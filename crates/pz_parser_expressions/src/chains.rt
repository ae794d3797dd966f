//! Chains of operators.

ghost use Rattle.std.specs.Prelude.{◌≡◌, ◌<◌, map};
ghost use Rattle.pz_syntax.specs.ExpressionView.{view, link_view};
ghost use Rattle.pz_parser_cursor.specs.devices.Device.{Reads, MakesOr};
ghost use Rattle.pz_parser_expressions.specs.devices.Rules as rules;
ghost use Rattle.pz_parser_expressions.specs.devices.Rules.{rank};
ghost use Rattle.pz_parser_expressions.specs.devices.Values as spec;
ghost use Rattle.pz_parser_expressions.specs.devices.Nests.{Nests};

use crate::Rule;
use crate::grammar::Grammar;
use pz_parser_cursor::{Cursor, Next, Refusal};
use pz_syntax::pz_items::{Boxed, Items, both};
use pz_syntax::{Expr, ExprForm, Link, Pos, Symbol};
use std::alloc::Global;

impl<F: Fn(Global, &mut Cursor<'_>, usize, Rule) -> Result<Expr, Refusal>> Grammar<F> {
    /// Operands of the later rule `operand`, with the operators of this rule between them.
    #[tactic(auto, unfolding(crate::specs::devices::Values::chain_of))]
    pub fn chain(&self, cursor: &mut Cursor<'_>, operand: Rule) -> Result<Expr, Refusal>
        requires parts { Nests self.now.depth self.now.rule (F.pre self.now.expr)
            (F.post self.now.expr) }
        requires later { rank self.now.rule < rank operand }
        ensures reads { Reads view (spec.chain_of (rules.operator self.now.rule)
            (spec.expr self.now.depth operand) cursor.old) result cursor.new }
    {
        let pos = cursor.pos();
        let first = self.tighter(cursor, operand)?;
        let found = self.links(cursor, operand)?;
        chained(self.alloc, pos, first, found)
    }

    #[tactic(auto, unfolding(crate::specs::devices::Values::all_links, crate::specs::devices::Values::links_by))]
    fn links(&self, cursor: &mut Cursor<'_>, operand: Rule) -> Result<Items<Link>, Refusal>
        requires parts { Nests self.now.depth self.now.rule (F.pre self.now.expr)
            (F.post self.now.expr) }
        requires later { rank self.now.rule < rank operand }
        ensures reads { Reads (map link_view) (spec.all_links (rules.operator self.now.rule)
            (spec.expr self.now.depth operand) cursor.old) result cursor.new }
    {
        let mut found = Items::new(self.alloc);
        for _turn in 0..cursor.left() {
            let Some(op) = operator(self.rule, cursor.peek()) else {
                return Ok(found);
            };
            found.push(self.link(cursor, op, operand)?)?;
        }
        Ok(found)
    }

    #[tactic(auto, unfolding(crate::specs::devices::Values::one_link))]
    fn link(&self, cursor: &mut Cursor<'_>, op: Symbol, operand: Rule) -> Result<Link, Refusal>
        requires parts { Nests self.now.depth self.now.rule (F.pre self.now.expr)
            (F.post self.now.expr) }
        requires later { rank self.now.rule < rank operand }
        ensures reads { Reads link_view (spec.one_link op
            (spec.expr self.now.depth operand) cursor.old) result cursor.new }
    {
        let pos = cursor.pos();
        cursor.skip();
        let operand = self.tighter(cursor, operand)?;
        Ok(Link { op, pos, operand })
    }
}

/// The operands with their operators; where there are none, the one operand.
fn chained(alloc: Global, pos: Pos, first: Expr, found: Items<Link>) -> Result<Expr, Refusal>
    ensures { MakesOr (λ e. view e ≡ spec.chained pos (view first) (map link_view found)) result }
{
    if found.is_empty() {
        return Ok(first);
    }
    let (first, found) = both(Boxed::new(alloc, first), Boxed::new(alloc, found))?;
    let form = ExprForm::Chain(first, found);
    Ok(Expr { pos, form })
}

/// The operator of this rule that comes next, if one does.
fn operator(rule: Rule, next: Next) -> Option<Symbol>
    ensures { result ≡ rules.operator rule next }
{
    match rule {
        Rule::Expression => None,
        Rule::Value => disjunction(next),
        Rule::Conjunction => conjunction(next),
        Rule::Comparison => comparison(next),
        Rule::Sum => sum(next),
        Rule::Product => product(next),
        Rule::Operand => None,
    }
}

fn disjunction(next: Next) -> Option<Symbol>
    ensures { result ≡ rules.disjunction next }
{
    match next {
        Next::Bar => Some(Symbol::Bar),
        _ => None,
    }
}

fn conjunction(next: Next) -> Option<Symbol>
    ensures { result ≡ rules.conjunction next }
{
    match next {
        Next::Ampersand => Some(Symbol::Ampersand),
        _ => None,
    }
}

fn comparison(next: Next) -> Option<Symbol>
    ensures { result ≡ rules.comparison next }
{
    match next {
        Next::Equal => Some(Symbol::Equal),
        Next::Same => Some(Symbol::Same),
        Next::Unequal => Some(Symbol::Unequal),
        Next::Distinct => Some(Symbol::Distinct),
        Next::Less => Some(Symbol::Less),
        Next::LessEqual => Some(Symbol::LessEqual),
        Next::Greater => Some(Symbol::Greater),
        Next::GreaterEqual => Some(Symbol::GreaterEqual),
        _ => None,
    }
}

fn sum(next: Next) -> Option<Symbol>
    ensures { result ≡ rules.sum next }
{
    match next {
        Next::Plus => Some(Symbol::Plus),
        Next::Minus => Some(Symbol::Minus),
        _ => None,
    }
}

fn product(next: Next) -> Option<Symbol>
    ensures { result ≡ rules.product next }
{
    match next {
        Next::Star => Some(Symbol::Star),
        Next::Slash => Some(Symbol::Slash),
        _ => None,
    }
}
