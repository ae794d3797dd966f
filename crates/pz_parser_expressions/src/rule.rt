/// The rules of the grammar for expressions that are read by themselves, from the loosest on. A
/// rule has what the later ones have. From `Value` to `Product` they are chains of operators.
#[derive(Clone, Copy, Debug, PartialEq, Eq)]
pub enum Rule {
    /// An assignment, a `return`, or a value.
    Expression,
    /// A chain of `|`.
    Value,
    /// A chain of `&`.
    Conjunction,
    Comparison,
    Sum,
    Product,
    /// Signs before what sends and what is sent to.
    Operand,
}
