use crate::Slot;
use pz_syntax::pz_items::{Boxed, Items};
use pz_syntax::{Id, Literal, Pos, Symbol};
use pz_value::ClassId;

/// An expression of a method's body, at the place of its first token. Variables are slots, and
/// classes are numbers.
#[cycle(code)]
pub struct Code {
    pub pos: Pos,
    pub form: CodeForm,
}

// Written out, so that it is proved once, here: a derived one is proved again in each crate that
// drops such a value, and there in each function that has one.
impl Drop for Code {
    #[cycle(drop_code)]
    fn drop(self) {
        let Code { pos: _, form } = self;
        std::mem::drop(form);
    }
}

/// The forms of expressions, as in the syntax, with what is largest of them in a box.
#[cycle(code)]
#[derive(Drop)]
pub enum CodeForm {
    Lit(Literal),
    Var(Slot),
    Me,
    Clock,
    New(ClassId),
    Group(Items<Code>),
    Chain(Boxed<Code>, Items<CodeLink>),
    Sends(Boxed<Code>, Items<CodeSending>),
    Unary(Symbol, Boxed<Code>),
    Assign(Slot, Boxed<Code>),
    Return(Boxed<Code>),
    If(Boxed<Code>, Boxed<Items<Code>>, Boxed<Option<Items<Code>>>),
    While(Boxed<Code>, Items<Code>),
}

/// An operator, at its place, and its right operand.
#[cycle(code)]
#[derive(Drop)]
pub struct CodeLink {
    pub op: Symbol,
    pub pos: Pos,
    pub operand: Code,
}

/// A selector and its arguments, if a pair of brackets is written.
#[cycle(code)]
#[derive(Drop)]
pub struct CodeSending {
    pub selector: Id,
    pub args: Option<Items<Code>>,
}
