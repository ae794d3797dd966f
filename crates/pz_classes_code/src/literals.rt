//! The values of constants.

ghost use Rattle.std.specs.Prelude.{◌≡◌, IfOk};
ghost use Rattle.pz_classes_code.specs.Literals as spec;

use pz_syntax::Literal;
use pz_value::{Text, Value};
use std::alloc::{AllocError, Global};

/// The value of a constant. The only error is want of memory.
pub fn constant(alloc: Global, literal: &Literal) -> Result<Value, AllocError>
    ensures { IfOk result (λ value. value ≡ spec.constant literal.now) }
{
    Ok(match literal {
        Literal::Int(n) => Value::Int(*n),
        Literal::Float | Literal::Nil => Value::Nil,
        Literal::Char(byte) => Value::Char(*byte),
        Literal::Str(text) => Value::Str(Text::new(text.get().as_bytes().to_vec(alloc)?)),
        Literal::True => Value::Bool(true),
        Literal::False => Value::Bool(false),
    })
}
───
Show every line of the records above that contains the word "what".

_Finished task_.
/// rule has what the later ones have. From `Value` to `Product` they are chains of operators.
    /// Signs before what sends and what is sent to.
/// The forms of expressions, as in the syntax, with what is largest of them in a box.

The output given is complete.